When I don't wear them I have my tool bag, I don't borrow tools and start fights or have to run back and forth to my truck.


----------



## jstanton (Mar 25, 2012)

I have one guy who doesn't wear them. He usually cuts and has them next to him. He keeps a tape, pencil and clip-on pouch with what fasteners we are using on him. He has any ladder, gun, ect ready and helps with installing. I am fine with him being comfy.


----------



## parkers5150 (Dec 5, 2008)

a mans worth is more often than not measured by his bags and the stuff he has in them:thumbsup: ... if they're in the truck.........


----------



## Brutus (May 29, 2007)

I feel naked without my pouches when working. Hell, even when helping my wife hang a picture, I reach for my hammer as if my belt WAS on... :laughing:


----------



## katoman (Apr 26, 2009)

When working I'd feel naked without nailbags on. If I'm in the shop I wear a canvas apron. Much lighter and you don't need all the tools you do when on site.


----------



## Brutus (May 29, 2007)

Brutus said:


> I feel naked without my pouches when working.





katoman said:


> When working I'd feel naked without nailbags on.



:whistling: :whistling:


----------



## Jaws (Dec 20, 2010)

katoman said:


> When working I'd feel naked without nailbags on. If I'm in the shop I wear a canvas apron. Much lighter and you don't need all the tools you do when on site.


That would be fine if they did that. Still need basic tools.


----------



## katoman (Apr 26, 2009)

Hey Brutus, I didn't read your post. :notworthy

So sue me. :laughing:

At least we think alike. I even leave my canvas pouch on when I go into town for materials.


----------



## Brutus (May 29, 2007)

katoman said:


> Hey Brutus, I didn't read your post. :notworthy
> 
> So sue me. :laughing:
> 
> At least we think alike. I even leave my canvas pouch on when I go into town for materials.
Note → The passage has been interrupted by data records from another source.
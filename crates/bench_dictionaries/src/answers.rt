// Answers of dictionaries row by row. Each function owns one thing.
use crate::building::{Lent, dictionary, equal_rows, text_scalar, value_like};
use crate::plain::{below_in_column, like_in_column};
use crate::repeating::{apply_times, below_times, like_times};
use crate::telling::{Told, nothing};
use std::alloc::{AllocError, Global};
use vortex_array::{Array, CompareOperator, CompareTo, Scalar};
use vortex_dict::DictArray;

// Whether the rows are below a bound, decoded before.
fn below_decoded(
    alloc: Global,
    dict: &DictArray,
    bound: &Array,
    times: usize,
) -> Result<Told, AllocError> {
    match dict.canonicalize(alloc) {
        Ok(rows) => below_in_column(alloc, &rows, bound, times),
        Err(e) => Err(e),
    }
}

// Whether the rows are below a bound.
fn below_bound(
    alloc: Global,
    lent: Lent<'_>,
    bound: &Array,
    decoded: usize,
    times: usize,
) -> Result<Told, AllocError> {
    let dict = dictionary(alloc, lent)?;
    if decoded == 0 {
        below_times(alloc, &dict, bound, times)
    } else {
        below_decoded(alloc, &dict, bound, times)
    }
}

// Whether the rows are below a value.
fn below(
    alloc: Global,
    lent: Lent<'_>,
    number: u64,
    text: &[u8],
    decoded: usize,
    times: usize,
) -> Result<Told, AllocError> {
    let bound = equal_rows(value_like(alloc, lent, number, text)?, lent.rows());
    below_bound(alloc, lent, &bound, decoded, times)
}

/// Whether the rows are below a value, the text or the number.
#[unsafe(no_mangle)]
pub extern "C" fn bench_dictionary_below(
    alloc: Global,
    narrow: &[u8],
    wide: &[u32],
    numbers: &[u64],
    bytes: &[u8],
    ends: &[usize],
    number: u64,
    text: &[u8],
    decoded: usize,
    times: usize,
) -> Told {
    let lent = Lent {
        narrow,
        wide,
        numbers,
        bytes,
        ends,
    };
    below(alloc, lent, number, text, decoded, times).unwrap_or(nothing())
}

// Whether the texts match patterns, decoded before.
fn like_decoded(
    alloc: Global,
    dict: &DictArray,
    patterns: &Array,
    times: usize,
) -> Result<Told, AllocError> {
    match dict.canonicalize(alloc) {
        Ok(rows) => like_in_column(alloc, &rows, patterns, times),
        Err(e) => Err(e),
    }
}

// Whether the texts match patterns.
fn like_patterns(
    alloc: Global,
    lent: Lent<'_>,
    patterns: &Array,
    decoded: usize,
    times: usize,
) -> Result<Told, AllocError> {
    let dict = dictionary(alloc, lent)?;
    if decoded == 0 {
        like_times(alloc, &dict, patterns, times)
    } else {
        like_decoded(alloc, &dict, patterns, times)
    }
}

// Whether the texts match a pattern.
fn like(
    alloc: Global,
    lent: Lent<'_>,
    pattern: &[u8],
    decoded: usize,
    times: usize,
) -> Result<Told, AllocError> {
    let patterns = equal_rows(text_scalar(alloc, pattern)?, lent.rows());
    like_patterns(alloc, lent, &patterns, decoded, times)
}

/// Whether the texts match a pattern.
#[unsafe(no_mangle)]
pub extern "C" fn bench_dictionary_like(
    alloc: Global,
    narrow: &[u8],
    wide: &[u32],
    bytes: &[u8],
    ends: &[usize],
    pattern: &[u8],
    decoded: usize,
    times: usize,
) -> Told {
    let lent = Lent {
        narrow,
        wide,
        numbers: &[],
        bytes,
        ends,
    };
    like(alloc, lent, pattern, decoded, times).unwrap_or(nothing())
}

// Whether a test holds of the rows.
fn tested(
    alloc: Global,
    lent: Lent<'_>,
    test: &mut CompareTo,
    times: usize,
) -> Result<Told, AllocError> {
    match dictionary(alloc, lent) {
        Ok(dict) => apply_times(alloc, &dict, test, times),
        Err(e) => Err(e),
    }
}

// Whether the test that a value is below a bound holds of the rows.
fn apply(alloc: Global, lent: Lent<'_>, bound: Scalar, times: usize) -> Result<Told, AllocError> {
    if bound.is_null() {
        return Err(AllocError);
    }
    let mut test = CompareTo::new(CompareOperator::Lt, bound);
    tested(alloc, lent, &mut test, times)
}

/// Whether the test that a value is below another, the text or the number, holds of the rows.
#[unsafe(no_mangle)]
pub extern "C" fn bench_dictionary_apply(
    alloc: Global,
    narrow: &[u8],
    wide: &[u32],
    numbers: &[u64],
    bytes: &[u8],
    ends: &[usize],
    number: u64,
    text: &[u8],
    times: usize,
) -> Told {
    let lent = Lent {
        narrow,
        wide,
        numbers,
        bytes,
        ends,
    };
    match value_like(alloc, lent, number, text) {
        Ok(bound) => apply(alloc, lent, bound, times).unwrap_or(nothing()),
        Err(_) => nothing(),
    }
}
You know what they say about great minds! :thumbup:


----------



## Jaws (Dec 20, 2010)

katoman said:


> Hey Brutus, I didn't read your post. :notworthy
> 
> So sue me. :laughing:
> 
> At least we think alike. I even leave my canvas pouch on when I go into town for materials.
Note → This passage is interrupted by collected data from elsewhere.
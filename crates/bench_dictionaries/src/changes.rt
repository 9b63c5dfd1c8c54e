// Dictionaries cast, filled and asked for extremes. Each function owns one thing.
use crate::building::{Lent, dictionary, dictionary_with_nulls, other_type, value_like};
use crate::plain::{cast_in_column, extremes_in_column, fill_in_column};
use crate::repeating::{cast_times, extremes_times, fill_times};
use crate::telling::{Told, nothing};
use std::alloc::{AllocError, Global};
use vortex_array::{DType, Scalar};
use vortex_dict::DictArray;

// The rows, of a type, decoded before.
fn cast_decoded(
    alloc: Global,
    dict: &DictArray,
    dtype: &DType,
    times: usize,
) -> Result<Told, AllocError> {
    match dict.canonicalize(alloc) {
        Ok(rows) => cast_in_column(alloc, &rows, dtype, times),
        Err(e) => Err(e),
    }
}

// The rows, of another type.
fn cast(alloc: Global, lent: Lent<'_>, decoded: usize, times: usize) -> Result<Told, AllocError> {
    let dtype = other_type(lent);
    let dict = dictionary(alloc, lent)?;
    if decoded == 0 {
        cast_times(alloc, &dict, &dtype, times)
    } else {
        cast_decoded(alloc, &dict, &dtype, times)
    }
}

/// The rows, of another type: numbers as `i64`, texts with nulls.
#[unsafe(no_mangle)]
pub extern "C" fn bench_dictionary_cast(
    alloc: Global,
    narrow: &[u8],
    wide: &[u32],
    numbers: &[u64],
    bytes: &[u8],
    ends: &[usize],
    decoded: usize,
    times: usize,
) -> Told {
    let lent = Lent {
        narrow,
        wide,
        numbers,
        bytes,
        ends,
    };
    cast(alloc, lent, decoded, times).unwrap_or(nothing())
}

// The rows, and the fill in the place of nulls, decoded before.
fn fill_decoded(
    alloc: Global,
    dict: &DictArray,
    fill: &Scalar,
    times: usize,
) -> Result<Told, AllocError> {
    match dict.canonicalize(alloc) {
        Ok(rows) => fill_in_column(alloc, &rows, fill, times),
        Err(e) => Err(e),
    }
}

// The rows, and the fill in the place of nulls.
fn fill_with(
    alloc: Global,
    lent: Lent<'_>,
    valid: &[u64],
    fill: &Scalar,
    decoded: usize,
    times: usize,
) -> Result<Told, AllocError> {
    let dict = dictionary_with_nulls(alloc, lent, valid)?;
    if decoded == 0 {
        fill_times(alloc, &dict, fill, times)
    } else {
        fill_decoded(alloc, &dict, fill, times)
    }
}

/// The rows, and the text or the number in the place of those whose bit is not set.
#[unsafe(no_mangle)]
pub extern "C" fn bench_dictionary_fill(
    alloc: Global,
    narrow: &[u8],
    wide: &[u32],
    numbers: &[u64],
    bytes: &[u8],
    ends: &[usize],
    valid: &[u64],
    number: u64,
    text: &[u8],
    decoded: usize,
    times: usize,
) -> Told {
    let lent = Lent {
        narrow,
        wide,
        numbers,
        bytes,
        ends,
    };
    match value_like(alloc, lent, number, text) {
        Ok(fill) => fill_with(alloc, lent, valid, &fill, decoded, times).unwrap_or(nothing()),
        Err(_) => nothing(),
    }
}

// The least and the greatest row, decoded before.
fn extremes_decoded(alloc: Global, dict: &DictArray, times: usize) -> Result<Told, AllocError> {
    match dict.canonicalize(alloc) {
        Ok(rows) => extremes_in_column(alloc, &rows, times),
        Err(e) => Err(e),
    }
}

// The least and the greatest row.
fn extremes(
    alloc: Global,
    lent: Lent<'_>,
    decoded: usize,
    times: usize,
) -> Result<Told, AllocError> {
    let dict = dictionary(alloc, lent)?;
    if decoded == 0 {
        extremes_times(alloc, &dict, times)
    } else {
        extremes_decoded(alloc, &dict, times)
    }
}

/// The least and the greatest row.
#[unsafe(no_mangle)]
pub extern "C" fn bench_dictionary_extremes(
    alloc: Global,
    narrow: &[u8],
    wide: &[u32],
    numbers: &[u64],
    bytes: &[u8],
    ends: &[usize],
    decoded: usize,
    times: usize,
) -> Told {
    let lent = Lent {
        narrow,
        wide,
        numbers,
        bytes,
        ends,
    };
    extremes(alloc, lent, decoded, times).unwrap_or(nothing())
}
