// Why a description and sources make no table.
use std::fmt;
use thiserror::Error;

/// Why a description and sources make no table. The first that holds is answered.
#[derive(Clone, Copy, Debug, PartialEq, Eq, Error)]
pub enum TableError {
    /// Two columns share a name.
    #[error("two columns share a name")]
    RepeatedName,
    /// There is not one source for each partition.
    #[error("there is not one source for each partition")]
    SourceCount,
    /// The first split whose chunks differ from the columns in number, from the split in rows, or from a
    /// column in type, nulls or none included.
    #[error(fmt = show_unfit_chunks)]
    ChunkListDoesNotFit { partition: u64, split: u64 },
    /// The rows of the table, or six times its splits and twice its partitions, do not fit 64 bits.
    #[error("the table has too many rows or splits")]
    TooLarge,
    /// Want of memory.
    #[error("out of memory")]
    OutOfMemory,
}

// The message of a split whose chunks do not fit.
fn show_unfit_chunks<W: fmt::Write>(
    partition: &u64,
    split: &u64,
    f: &mut fmt::Formatter<W>,
) -> fmt::Result {
    write!(
        f,
        "the chunks of split {split} of partition {partition} do not fit the columns"
    )
}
I drop the bags when going to get material


----------



## KnottyWoodwork (May 23, 2010)

I pretty much always have the full set of bags on, it's just more efficient. I HATE going back and forth to the truck/trailer for tools. I also like having a tool cart/staging within a step or two of where I'm working. 

I spent the end of last week and this up on scaffolding, it was nice working off a bench instead of the bags though.


----------



## jhark123 (Aug 26, 2008)

I wear my bags almost 100% (oxy adj framers). NOTHING ticks me off like someone taking a tool out of my bags.


----------



## ccappaul (Dec 3, 2010)

Full bags, with a caulking pouch behind for bits and pieces of garbage. I don't know how I would get anything accomplished without em


----------



## overanalyze (Dec 28, 2010)

Jaws said:


> I love my Oxys too.
> 
> I wear mine always unless in a finished home.
> 
> When I don't wear them I have my tool bag, I don't borrow tools and start fights or have to run back and forth to my truck.


When we are doing interior work I have a rolling tool bag for smaller jobs that I use and it stays right where I am working. When we are doing full house remodels or new builds, we have a tool cart that gets moved around as we need it. I don't borrow tools either. I am setup with tool boxes that have most items I need depending on what the day has. 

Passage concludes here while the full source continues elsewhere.